What percentage of 15C-LE users read this forum? Unfair question? Well then let's extend the time and ask what percentage of 15C-LE users five years from now will have read this forum at just the right time to have been exposed to these issues? Any company hanging its hope on an unofficial and somewhat obscure web forum to convey information to a customer five years from now would be woefully delusional. (Then there's the issue of how difficult it is to actually search old postings here, even if you know it's here somewhere.)

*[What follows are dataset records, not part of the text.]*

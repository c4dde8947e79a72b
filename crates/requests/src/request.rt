// What a book is asked at the console, and what it replies.
ghost use Rattle.std.specs.Prelude.{◌≡◌, Ok, Some};
ghost use Rattle.runs.specs.Runs.{answer, after};
ghost use Rattle.requests.specs.Requests.{Replies, meaning_after};
ghost use Rattle.requests.specs.Tallies.{tally_text};

use book::counts::Counts;
use book::faces::Keeping;
use book::mark::MarkFact;
use book::refusal::EnterRefusal;
use book::tie::{Neighbours, Tie};
use runs::play::{Answer, Call, play};
use std::fmt;

// A request to a book of any make. A case each and no closure: what is replied is a law over requests.
#[derive(Clone, Copy, Debug, PartialEq, Eq)]
pub enum Request {
    Alter(Call),
    HasTie(Tie),
    HasMark(MarkFact),
    // the neighbours of a name, and the lowest name that may be told
    Next(Neighbours, u8),
    Tally,
}

// How much a book holds, and how much it can.
#[derive(Clone, Copy, Debug, PartialEq, Eq)]
pub struct Tally {
    pub counts: Counts,
    pub ties: usize,
    pub marked: usize,
    pub capacity: usize,
}

impl fmt::Display for Tally {
    ghost output = { λ t. Some (tally_text t) };

    fn fmt<W: fmt::Write>(&self, f: &mut fmt::Formatter<W>) -> fmt::Result {
        let Counts {
            names,
            labels,
            marks,
        } = self.counts;
        let (ties, marked, capacity) = (self.ties, self.marked, self.capacity);
        write!(
            f,
            "names={names} labels={labels} marks={marks} ties={ties} marked={marked} capacity={capacity}"
        )
    }
}

// What a request is replied where it is not refused.
#[derive(Clone, Copy, Debug, PartialEq, Eq)]
pub enum Reply {
    Done,
    Told(bool),
    // the number of a name, or none
    Name(Option<u8>),
    Tally(Tally),
}

// Puts the request to the book.
pub fn perform<B: Keeping>(book: &mut B, request: Request) -> Result<Reply, EnterRefusal>
    ensures reply { Replies (B.meaning book.old) request result }
    ensures after { B.meaning book.new ≡ meaning_after (B.meaning book.old) request }
    ensures held { B.holds book.old → B.holds book.new }
{
    Ok(match request {
        Request::Alter(call) => {
            alter(book, call)?;
            Reply::Done
        }
        Request::HasTie(tie) => Reply::Told(book.has_tie(tie)?),
        Request::HasMark(fact) => Reply::Told(book.has_mark(fact)?),
        Request::Next(of, at) => Reply::Name(book.next(of, at)?),
        Request::Tally => Reply::Tally(count_up(book)),
    })
}

// Makes an altering call, as a list of one, and not by `step`, so that the law of lists of calls stands on a call
// that programs make.
fn alter<B: Keeping>(book: &mut B, call: Call) -> Answer
    ensures answer { result ≡ answer (B.meaning book.old) call }
    ensures after { B.meaning book.new ≡ after (B.meaning book.old) call }
    ensures held { B.holds book.old → B.holds book.new }
{
    let mut answers = [Ok(())];
    play(book, &[call], &mut answers);
    answers[0]
}

// What the book holds.
fn count_up<B: Keeping>(book: &B) -> Tally
    ensures { Replies (B.meaning book.now) Request.Tally (Ok (Reply.Tally result)) }
{
    Tally {
        counts: book.counts(),
        ties: book.tie_count(),
        marked: book.mark_count(),
        capacity: book.capacity(),
    }
}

Edited: 7 Oct 2011, 11:46 a.m.


#58

Quote:
What percentage of 15C-LE users read this forum?

Probably 90%


#59

I think you either underestimate the widespread appeal of the 15c, or overestimate the membership of this forum.

#60

Quote:
Probably 90%

Undoubtedly too high by at least an order of magnitude. In fact, I think 0.9 percent would be an even better estimate.

Edited: 7 Oct 2011, 4:23 p.m.


#61

But how do people find out that the HP15C/LE is available ? Certainly outside USA it might mostly be from this forum ? I certainly wouldn't have known other than by chance seeing it mentioned here first.
It's certainly not on many country HP sites !


#62

Quote:
If you provide an optional email address, I will also try to keep you informed as to the progress of this effort.

I found this written at the "Bring Back the 15C" website. If the webmaster is true to his word, some percentage of the 15,479 signees received an email regarding the re-release, who then could have told friends.

Based on this knowledge, I would gamble Kevin Bacon heard about the re-release..


#63

I signed up the petition but never heard anything back from them.


#64

Same here.


#65

make that three.

If not for HP Forum I'd not have heard of the 15c LE and probably not the 12c 30AE.

#66

Quote:
Quote: Probably 90%

Undoubtedly too high by at least an order of magnitude. In fact, I think 0.9 percent would be an even better estimate.


Probably somewhere inbetween, perhaps towards the low end:

How many folks here on the forum have bought a 15C LE?

A lower limit would be the number reporting to the keyboard survey taken a week or two ago. Without looking it up, I recollect that around 50 people may have responded. Let's assume a comparable number didn't report (probably because their keyboard is fine - thereby skewing the "bad keyboard" fraction, by the way), so around 100.

This group collectively certainly bought an average of more than one calculator. Let's guess 2 or 3. So, forum members probably bought 200-300 new calculators.

If the original lot now being distributed is 3000, as surmised here several times, that leaves more than 2500 calculators to be ultimately bought by others (i.e. not counting the mass purchases by ebay speculators). Almost certainly these buyers will not purchase many more than 1 per person on average. (Many of these buyers may have spotted the calculator on ebay, from the resellers.)

So, around 100 buyers here, and around 2500 buyers elsewhere, or

around 4% of buyers are forum members (probably within a factor of 2 to 4)

This is to astronomical accuracy: a joke amongst astronomers goes "We feel good if we get the significant figures in the exponent correct!"